Active vibration control of a beam instrumented with MWCNT/epoxy nanocomposite sensor and PZT-5H actuator, robust to variations in temperature

Abstract

Multi walled carbon nano tube (MWCNT)/epoxy nanocomposite strain sensor and piezoelectric actuator pair are used in active vibration control (AVC) of a smart cantilevered beam. Due to different coefficients of thermal expansion of MWCNT and epoxy, the resistance of carbon nanotube/epoxy based strain sensor changes nonlinearly with change in temperature. The temperature dependence of CNT based strain sensor is modelled by fitting a polynomial curve on the experimentally obtained characterization data of CNT/epoxy strain sensor. Using augmented constitutive equations of piezoelectricity, finite element model of smart cantilevered beam instrumented with collocated nanocomposite strain sensor and PZT-5H actuator is derived.

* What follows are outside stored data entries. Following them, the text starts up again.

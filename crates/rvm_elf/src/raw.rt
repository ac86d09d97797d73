//! Images without a header.

ghost use Rattle.std.specs.Prelude.{◌≡◌, ◌∷◌, [], IfOk};
ghost use Rattle.rvm_asm.specs.Images.{piece, pieces_of};

use rvm_asm::{Image, Segment};
use rvm_hart::RAM_BASE;
use std::alloc::{AllocError, Global};

/// The image of a program whose bytes stand from the start of RAM on, and which begins there. Fails only if memory runs
/// out.
pub fn raw_image(alloc: Global, bytes: &[u8]) -> Result<Image, AllocError>
    ensures entry { IfOk result (λ v. v.entry ≡ 0x80000000) }
    ensures bytes { IfOk result
        (λ v. pieces_of v.segments.items ≡ piece 0x80000000 bytes.now ∷ []) }
{
    let mut segments = Vec::with_capacity(alloc, 1)?;
    segments.push(Segment {
        address: RAM_BASE,
        bytes: Vec::from_slice(alloc, bytes)?,
        zeros: 0,
    })?;
    Ok(Image {
        entry: RAM_BASE,
        segments,
    })
}
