//! Reads ELF files of RV32 programs and raw files as images, writes images as ELF files, and loads images into a board.
//!
//! Stands on `rvm_asm` and `rvm_board`, and knows nothing of text, runs or the operating system's
//! files.
//!
//! To be read in this order: `error`, `layout`, `read`, `raw`, `write`, `loading`, `laws`.
#![tactic(auto)]

mod error;
pub mod laws;
mod layout;
mod loading;
mod raw;
mod read;
mod write;

pub use error::{ReadError, WriteError};
pub use loading::{OutsideRam, load};
pub use raw::raw_image;
pub use read::read_image;
pub use write::write_image;
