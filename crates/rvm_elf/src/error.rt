//! Why a file has no image, and why an image has no file.

ghost use Rattle.std.specs.Prelude.{◌≡◌};
ghost use Rattle.rvm_elf.specs.Refusals.{refusal_of_file, refusal_of_image};
ghost use Rattle.rvm_elf.specs.declared.error.ReadError.TheVariants as read;
ghost use Rattle.rvm_elf.specs.declared.error.WriteError.TheVariants as write;

use rvm_refusal::Refusal;
use std::alloc::AllocError;
use thiserror::Error;

/// Why a file has no image.
#[derive(Clone, Copy, Debug, PartialEq, Eq, Error)]
pub enum ReadError {
    /// Memory ran out.
    #[error("out of memory")]
    OutOfMemory,
    /// The file does not begin with the four magic bytes.
    #[error("not an ELF file")]
    BadMagic,
    /// The file is no executable for 32-bit RISC-V, or a program header names more bytes in the file than in memory.
    #[error("not an executable for 32-bit RISC-V")]
    NotRiscV32,
    /// The file ends before its headers, or before the bytes that they name.
    #[error("the file is cut short")]
    Truncated,
    /// There are more than 16 program headers.
    #[error("more than 16 program headers")]
    TooMany,
}

impl From<AllocError> for ReadError {
    ghost from_gives = { λ _ error. error ≡ read.OutOfMemory };

    fn from(_error: AllocError) -> ReadError {
        ReadError::OutOfMemory
    }
}

impl From<ReadError> for Refusal {
    ghost from_gives = { λ error told. told ≡ refusal_of_file error };

    fn from(error: ReadError) -> Refusal {
        match error {
            ReadError::OutOfMemory => Refusal::OutOfMemory,
            ReadError::BadMagic => Refusal::BadMagic,
            ReadError::NotRiscV32 => Refusal::NotRiscV32,
            ReadError::Truncated => Refusal::Truncated,
            ReadError::TooMany => Refusal::TooMany,
        }
    }
}

/// Why an image has no file.
#[derive(Clone, Copy, Debug, PartialEq, Eq, Error)]
pub enum WriteError {
    /// Memory ran out.
    #[error("out of memory")]
    OutOfMemory,
    /// There are more than 16 segments.
    #[error("more than 16 segments")]
    TooMany,
    /// The segments together have more than 2^24 bytes, or the bytes and zeros of one segment are 2^32 or more.
    #[error("a segment is too large for a file")]
    OutOfReach,
}

impl From<AllocError> for WriteError {
    ghost from_gives = { λ _ error. error ≡ write.OutOfMemory };

    fn from(_error: AllocError) -> WriteError {
        WriteError::OutOfMemory
    }
}

impl From<WriteError> for Refusal {
    ghost from_gives = { λ error told. told ≡ refusal_of_image error };

    fn from(error: WriteError) -> Refusal {
        match error {
            WriteError::OutOfMemory => Refusal::OutOfMemory,
            WriteError::TooMany => Refusal::TooMany,
            WriteError::OutOfReach => Refusal::OutOfReach,
        }
    }
}
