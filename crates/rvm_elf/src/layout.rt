//! Where the fields of an ELF file stand (System V ABI, "Object Files"). All are little-endian.

ghost use Rattle.std.specs.Prelude.{◌≡◌, ◌+◌, ◌≤◌, length};
ghost use Rattle.rvm_elf.specs.File.{field, header_at};

use byteorder::{ByteOrder, LittleEndian};

/// The size of the ELF header in bytes.
pub const HEADER_SIZE: usize = 52;

/// The size of a program header in bytes.
pub const PROGRAM_HEADER_SIZE: usize = 32;

/// The most program headers that a file may have.
pub const MAX_HEADERS: usize = 16;

/// The type of an executable file.
pub const ET_EXEC: u16 = 2;

/// The number of the machine RISC-V.
pub const EM_RISCV: u16 = 243;

/// The type of a program header whose part of the program is loaded.
pub const PT_LOAD: u32 = 1;

// Offsets in the ELF header, in bytes.
/// The offset of the class, 1 for 32-bit, in the ELF header.
pub const EI_CLASS: usize = 4;

/// The offset of the byte order, 1 for little-endian, in the ELF header.
pub const EI_DATA: usize = 5;

/// The offset of the version in the ELF header.
pub const EI_VERSION: usize = 6;

/// The offset of the file's type in the ELF header.
pub const E_TYPE: usize = 16;

/// The offset of the machine in the ELF header.
pub const E_MACHINE: usize = 18;

/// The offset of the entry in the ELF header.
pub const E_ENTRY: usize = 24;

/// The offset of the offset of the program headers in the ELF header.
pub const E_PHOFF: usize = 28;

/// The offset of the size of a program header in the ELF header.
pub const E_PHENTSIZE: usize = 42;

/// The offset of the number of program headers in the ELF header.
pub const E_PHNUM: usize = 44;

// Offsets in a program header, in bytes. The type has the offset 0.
const P_OFFSET: usize = 4;

const P_PADDR: usize = 12;

const P_FILESZ: usize = 16;

const P_MEMSZ: usize = 20;

/// A program header, without the fields that are not used.
#[derive(Clone, Copy)]
pub struct ProgramHeader {
    pub p_type: u32,
    pub p_offset: u32,
    pub p_paddr: u32,
    pub p_filesz: u32,
    pub p_memsz: u32,
}

/// The little-endian 16-bit number at the offset `at`.
pub fn u16_at(file: &[u8], at: usize) -> u16
    requires { at + 2 ≤ length file.now }
    ensures { result ≡ field 2 at file.now }
{
    LittleEndian::read_u16(&file[at..])
}

/// The little-endian 32-bit number at the offset `at`.
pub fn u32_at(file: &[u8], at: usize) -> u32
    requires { at + 4 ≤ length file.now }
    ensures { result ≡ field 4 at file.now }
{
    LittleEndian::read_u32(&file[at..])
}

/// The program header at the offset `at`.
pub fn header_at(file: &[u8], at: usize) -> ProgramHeader
    requires { at + 32 ≤ length file.now }
    ensures { result ≡ header_at at file.now }
{
    ProgramHeader {
        p_type: u32_at(file, at),
        p_offset: u32_at(file, at + P_OFFSET),
        p_paddr: u32_at(file, at + P_PADDR),
        p_filesz: u32_at(file, at + P_FILESZ),
        p_memsz: u32_at(file, at + P_MEMSZ),
    }
}
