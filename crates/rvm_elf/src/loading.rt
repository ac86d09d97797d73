//! Loads an image into a board.

ghost use Rattle.std.specs.Prelude.{◌≡◌, ◌+◌, ◌-◌, ◌%◌, ◌^◌, ◌<◌, ◌≤◌, ◌↔◌, true, false, length, map, replicate, IsErr, OnOk, OnErr};
ghost use Rattle.rvm_mem.specs.Bytes.{replaced};
ghost use Rattle.rvm_hart.specs.Bus.{in_ram, ram_base};
ghost use Rattle.rvm_asm.specs.Images.{piece_of, pieces_of};
ghost use Rattle.rvm_elf.specs.Load.{is_within, piece_fits, pieces_fit, fits, at_entry, loaded};
ghost use Rattle.rvm_elf.specs.Placing.{with_ram, with_harts, IsBlank, placed, placed_all};

use rvm_asm::{Image, Segment};
use rvm_board::{Board, VIEW_SIZE};
use rvm_hart::{PC, RAM_BASE};
use rvm_mem::Memory;
use rvm_refusal::Refusal;
use thiserror::Error;

/// The error of an image whose entry is no multiple of four in RAM, or a segment of which does not lie in RAM.
#[derive(Clone, Copy, Debug, PartialEq, Eq, Error)]
#[error("the image does not lie in RAM")]
pub struct OutsideRam;

impl From<OutsideRam> for Refusal {
    ghost use Rattle.rvm_refusal.specs.declared.refusal.Refusal.TheVariants as refusal;

    ghost from_gives = { λ _ told. told ≡ refusal.OutsideRam };

    fn from(_error: OutsideRam) -> Refusal {
        Refusal::OutsideRam
    }
}

/// Loads an image into a board. RAM gets the bytes and zeros of the segments in order, so that a later segment
/// overwrites an earlier one, and zeros elsewhere. Each page is put into the dirty log, each hart's pc becomes the
/// entry, and all reservations are removed; nothing else changes. Allocates no memory. Fails with `OutsideRam`, and
/// changes nothing, if the entry is no multiple of four in RAM, or if a segment that has a byte or a zero does not lie
/// in RAM as a whole.
#[tactic(auto, using(crate::proofs::Loaded::all_placed))]
pub fn load<M: Memory>(image: &Image, board: &mut Board<M>) -> Result<(), OutsideRam>
    ensures plain { OnOk result (board.new.plain
        ≡ loaded image.now.entry (pieces_of image.now.segments.items) board.old.plain) }
    ensures dirty { OnOk result (board.new.dirty ≡ replicate (length board.old.dirty) true) }
    ensures outside { IsErr result
        ↔ (fits image.now.entry (pieces_of image.now.segments.items) (length board.old.plain.shared.bytes) ≡ false) }
    ensures err { OnErr result (board.new ≡ board.old) }
{
    if !fits(image, board.ram_size()) {
        return Err(OutsideRam);
    }
    board.clear();
    write_segments(board, &image.segments);
    set_entries(board, image.entry);
    Ok(())
}

/// Whether the entry is a multiple of four in a RAM of `ram_size` bytes, and each segment that has a byte or a zero
/// lies in it.
fn fits(image: &Image, ram_size: u32) -> bool
    ensures { result ≡ fits image.now.entry (pieces_of image.now.segments.items) ram_size }
{
    image.entry % 4 == 0
        && is_within(image.entry, 1, ram_size)
        && segments_fit(&image.segments, ram_size)
}

/// Whether `count` bytes from `address` on lie in a RAM of `ram_size` bytes.
fn is_within(address: u32, count: u64, ram_size: u32) -> bool
    requires { count < 2 ^ 63 + 2 ^ 32 }
    ensures { result ≡ is_within count address ram_size }
{
    let base = u64::from(RAM_BASE);
    let first = u64::from(address);
    first >= base && first + count <= base + u64::from(ram_size)
}

/// Whether each segment that has a byte or a zero lies in a RAM of `ram_size` bytes.
fn segments_fit(segments: &[Segment], ram_size: u32) -> bool
    ensures { result ≡ pieces_fit (pieces_of segments.now) ram_size }
{
    for segment in segments {
        if !segment_fits(segment, ram_size) {
            return false;
        }
    }
    true
}

/// Whether a segment has neither bytes nor zeros, or lies in a RAM of `ram_size` bytes.
fn segment_fits(segment: &Segment, ram_size: u32) -> bool
    ensures { result ≡ piece_fits (piece_of segment.now) ram_size }
{
    let count = segment.bytes.len() as u64 + u64::from(segment.zeros);
    count == 0 || is_within(segment.address, count, ram_size)
}

/// Writes the segments in order.
fn write_segments<M: Memory>(board: &mut Board<M>, segments: &[Segment])
    requires blank { IsBlank board.old }
    requires inside { pieces_fit (pieces_of segments.now) (length board.old.plain.shared.bytes) ≡ true }
    ensures { board.new
        ≡ with_ram (placed_all (pieces_of segments.now) board.old.plain.shared.bytes) board.old }
{
    for segment in segments {
        write_segment(board, segment);
    }
}

/// Writes a segment's bytes, and its zeros after them.
fn write_segment<M: Memory>(board: &mut Board<M>, segment: &Segment)
    requires blank { IsBlank board.old }
    requires inside { piece_fits (piece_of segment.now) (length board.old.plain.shared.bytes) ≡ true }
    ensures { board.new
        ≡ with_ram (placed (piece_of segment.now) board.old.plain.shared.bytes) board.old }
{
    if segment.bytes.is_empty() && segment.zeros == 0 {
        return;
    }
    write_bytes(board, segment.address, &segment.bytes);
    write_zeros(
        board,
        segment.address + segment.bytes.len() as u32,
        segment.zeros as usize,
    );
}

/// Writes bytes from an address on, at most `VIEW_SIZE` at once.
fn write_bytes<M: Memory>(board: &mut Board<M>, address: u32, bytes: &[u8])
    requires blank { IsBlank board.old }
    requires inside { in_ram (length bytes.now) address board.old.plain.shared.bytes ≡ true }
    ensures { board.new
        ≡ with_ram (replaced (address - ram_base) bytes.now board.old.plain.shared.bytes) board.old }
{
    let mut done = 0;
    while done < bytes.len() {
        let end = (done + VIEW_SIZE).min(bytes.len());
        poke(board, address + done as u32, &bytes[done..end]);
        done = end;
    }
}

/// Writes this many zeros from an address on, at most `VIEW_SIZE` at once.
fn write_zeros<M: Memory>(board: &mut Board<M>, address: u32, count: usize)
    requires blank { IsBlank board.old }
    requires inside { in_ram count address board.old.plain.shared.bytes ≡ true }
    ensures { board.new
        ≡ with_ram (replaced (address - ram_base) (replicate count 0) board.old.plain.shared.bytes) board.old }
{
    let mut done = 0;
    while done < count {
        let more = (count - done).min(VIEW_SIZE);
        poke_zeros(board, address + done as u32, more);
        done += more;
    }
}

/// Writes 1 to 256 zeros from an address on.
fn poke_zeros<M: Memory>(board: &mut Board<M>, address: u32, count: usize)
    requires blank { IsBlank board.old }
    requires some { 0 < count }
    requires few { count ≤ 256 }
    requires inside { in_ram count address board.old.plain.shared.bytes ≡ true }
    ensures { board.new
        ≡ with_ram (replaced (address - ram_base) (replicate count 0) board.old.plain.shared.bytes) board.old }
{
    let zeros = [0; VIEW_SIZE];
    poke(board, address, &zeros[..count]);
}

/// Writes 1 to 256 bytes from an address on. No hart has a reservation, and each page is in the dirty log, so that only
/// RAM changes.
fn poke<M: Memory>(board: &mut Board<M>, address: u32, bytes: &[u8])
    requires blank { IsBlank board.old }
    requires some { 0 < length bytes.now }
    requires few { length bytes.now ≤ 256 }
    requires inside { in_ram (length bytes.now) address board.old.plain.shared.bytes ≡ true }
    ensures { board.new
        ≡ with_ram (replaced (address - ram_base) bytes.now board.old.plain.shared.bytes) board.old }
{
    let is_written = board.poke_mem(address, bytes).is_ok();
    prove!(is_written);
}

/// Sets the pc of each hart to the entry.
fn set_entries<M: Memory>(board: &mut Board<M>, entry: u32)
    requires { entry % 4 ≡ 0 }
    ensures { board.new ≡ with_harts (map (at_entry entry) board.old.plain.harts) board.old }
{
    for hart in 0..board.harts() {
        let is_set = board.poke_reg(hart, PC, entry).is_ok();
        prove!(is_set);
    }
}
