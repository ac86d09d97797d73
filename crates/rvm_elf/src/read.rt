//! Reads ELF files.

ghost use Rattle.std.specs.Prelude.{◌≡◌, ◌+◌, ◌*◌, ◌++◌, ◌≤◌, ◌<◌, IfOk, OnOk, IfErr, length, option_map, slice_range};
ghost use Rattle.std.specs.Option.{option_to_list};
ghost use Rattle.rvm_asm.specs.Images.{piece_of, pieces_of};
ghost use Rattle.rvm_elf.specs.File.{is_elf, is_riscv32, is_loaded, header_checked, headers_checked, piece_of_header, pieces_from, checked, meaning, Refuses, e_phnum, e_phoff};

use crate::error::ReadError;
use crate::layout::{
    E_ENTRY, E_MACHINE, E_PHENTSIZE, E_PHNUM, E_PHOFF, E_TYPE, EI_CLASS, EI_DATA, EI_VERSION,
    EM_RISCV, ET_EXEC, HEADER_SIZE, MAX_HEADERS, PROGRAM_HEADER_SIZE, PT_LOAD, ProgramHeader,
    header_at, u16_at, u32_at,
};
use rvm_asm::{Image, Segment};
use std::alloc::{AllocError, Global};

/// The image of an ELF file: its entry, and in order a segment for each program header of a loaded part that has bytes
/// or zeros, at its physical address. The whole file is checked before any memory is allocated. The first of these
/// faults is returned: `BadMagic` if the file does not begin with the magic bytes of ELF; `Truncated` if it has fewer
/// than 52 bytes; `NotRiscV32` if it is not 32-bit, little-endian, of version 1, executable and for RISC-V, or has
/// program headers of another size than 32 bytes; `TooMany` if it has more than 16 program headers; `Truncated` if
/// these go past the end of the file; then, for each such program header in order, `NotRiscV32` if it names more bytes
/// in the file than in memory, and `Truncated` if its bytes go past the end of the file. `OutOfMemory` if memory runs
/// out.
#[tactic(auto, unfolding(crate::specs::File::meaning))]
pub fn read_image(alloc: Global, file: &[u8]) -> Result<Image, ReadError>
    ensures image { IfOk result
        (λ v. meaning file.now ≡ Ok (v.entry, pieces_of v.segments.items)) }
    ensures refused { IfErr result (λ e. Refuses e (meaning file.now)) }
{
    check(file)?;
    let first = u32_at(file, E_PHOFF) as usize;
    let count = u16_at(file, E_PHNUM) as usize;
    let segments = segments(alloc, file, first, count)?;
    Ok(Image {
        entry: u32_at(file, E_ENTRY),
        segments,
    })
}

/// Checks a file. Fails with its first fault.
#[tactic(auto, unfolding(crate::specs::File::checked))]
fn check(file: &[u8]) -> Result<(), ReadError>
    ensures fault { result ≡ checked file.now }
    ensures size { OnOk result (52 ≤ length file.now) }
    ensures table { OnOk result
        (0 < e_phnum file.now → e_phoff file.now + 32 * e_phnum file.now ≤ length file.now) }
    ensures headers { OnOk result
        (headers_checked (e_phnum file.now) (e_phoff file.now) file.now ≡ Ok tt) }
{
    if !is_elf(file) {
        return Err(ReadError::BadMagic);
    }
    if file.len() < HEADER_SIZE {
        return Err(ReadError::Truncated);
    }
    if !is_riscv32(file) {
        return Err(ReadError::NotRiscV32);
    }
    let count = u16_at(file, E_PHNUM) as usize;
    if count > MAX_HEADERS {
        return Err(ReadError::TooMany);
    }
    let first = u32_at(file, E_PHOFF) as usize;
    if count > 0 && first + PROGRAM_HEADER_SIZE * count > file.len() {
        return Err(ReadError::Truncated);
    }
    check_headers(file, first, count)
}

/// Whether the file begins with the four magic bytes.
fn is_elf(file: &[u8]) -> bool
    ensures { result ≡ is_elf file.now }
{
    matches!(file, [0x7F, b'E', b'L', b'F', ..])
}

/// Whether the file is a 32-bit little-endian executable of version 1 for RISC-V, whose program headers, if it has any,
/// have 32 bytes.
fn is_riscv32(file: &[u8]) -> bool
    requires { 52 ≤ length file.now }
    ensures { result ≡ is_riscv32 file.now }
{
    file[EI_CLASS] == 1
        && file[EI_DATA] == 1
        && file[EI_VERSION] == 1
        && u16_at(file, E_TYPE) == ET_EXEC
        && u16_at(file, E_MACHINE) == EM_RISCV
        && (u16_at(file, E_PHNUM) == 0 || u16_at(file, E_PHENTSIZE) as usize == PROGRAM_HEADER_SIZE)
}

/// Checks `count` program headers from the offset `first` on. Fails with their first fault.
fn check_headers(file: &[u8], first: usize, count: usize) -> Result<(), ReadError>
    requires { 0 < count → first + 32 * count ≤ length file.now }
    ensures { result ≡ headers_checked count first file.now }
{
    for i in 0..count {
        check_header(file, &header_at(file, first + PROGRAM_HEADER_SIZE * i))?;
    }
    Ok(())
}

/// Whether the header names a loaded part of the program that has bytes or zeros.
fn is_loaded(header: &ProgramHeader) -> bool
    ensures { result ≡ is_loaded header.now }
{
    header.p_type == PT_LOAD && header.p_memsz > 0
}

/// Checks a program header, if its part is loaded. Fails with its fault.
fn check_header(file: &[u8], header: &ProgramHeader) -> Result<(), ReadError>
    ensures { result ≡ header_checked header.now file.now }
{
    if !is_loaded(header) {
        return Ok(());
    }
    if header.p_filesz > header.p_memsz {
        return Err(ReadError::NotRiscV32);
    }
    let end = header.p_offset as usize + header.p_filesz as usize;
    if header.p_filesz > 0 && end > file.len() {
        return Err(ReadError::Truncated);
    }
    Ok(())
}

/// The segments of `count` program headers from the offset `first` on.
fn segments(
    alloc: Global,
    file: &[u8],
    first: usize,
    count: usize,
) -> Result<Vec<Segment>, AllocError>
    requires inside { 0 < count → first + 32 * count ≤ length file.now }
    requires checked { headers_checked count first file.now ≡ Ok tt }
    ensures { IfOk result (λ v. pieces_of v.items ≡ pieces_from count first file.now) }
{
    let mut segments = Vec::new(alloc);
    for i in 0..count {
        let header = header_at(file, first + PROGRAM_HEADER_SIZE * i);
        add_segment(alloc, &mut segments, file, &header)?;
    }
    Ok(segments)
}

/// Appends the segment of a header to the others, if its part is loaded.
fn add_segment(
    alloc: Global,
    segments: &mut Vec<Segment>,
    file: &[u8],
    header: &ProgramHeader,
) -> Result<(), AllocError>
    requires { header_checked header.now file.now ≡ Ok tt }
    ensures { OnOk result (pieces_of segments.new.items
        ≡ pieces_of segments.old.items ++ option_to_list (piece_of_header header.now file.now)) }
{
    if let Some(segment) = segment(alloc, file, header)? {
        segments.push(segment)?;
    }
    Ok(())
}

/// The segment of a header, if its part is loaded.
fn segment(
    alloc: Global,
    file: &[u8],
    header: &ProgramHeader,
) -> Result<Option<Segment>, AllocError>
    requires { header_checked header.now file.now ≡ Ok tt }
    ensures { IfOk result
        (λ s. option_map piece_of s ≡ piece_of_header header.now file.now) }
{
    if !is_loaded(header) {
        return Ok(None);
    }
    Ok(Some(Segment {
        address: header.p_paddr,
        bytes: Vec::from_slice(alloc, bytes_of(file, header))?,
        zeros: header.p_memsz - header.p_filesz,
    }))
}

/// The bytes of the file that a header names.
fn bytes_of<'a>(file: &'a [u8], header: &ProgramHeader) -> &'a [u8]
    requires { 0 < header.now.p_filesz
        → header.now.p_offset + header.now.p_filesz ≤ length file.now }
    ensures { result.now ≡ slice_range file.now header.now.p_offset (header.now.p_offset + header.now.p_filesz) }
{
    if header.p_filesz == 0 {
        return &[];
    }
    let first = header.p_offset as usize;
    &file[first..first + header.p_filesz as usize]
}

Effect of temperature on PZT-5H actuator is also considered in derivation of the control law. Active vibration control of the first mode of a smart cantilevered beam instrumented with collocated CNT based strain sensor and PZT-5H actuator is performed at ambient temperature and at temperature slightly away from the ambient temperature for two cases: (1) without considering the temperature dependence of CNT composite strain sensor in Kalman observer and (2) considering the temperature dependence of CNT composite strain sensor in Kalman observer. Simulations are also performed to visualize the behaviour of smart beam when the beam is subjected to a temperature impulse. This paper suggests a novel AVC strategy using MWCNT/epoxy strain sensor and PZT-5H actuator patch that is robust to variations in temperature.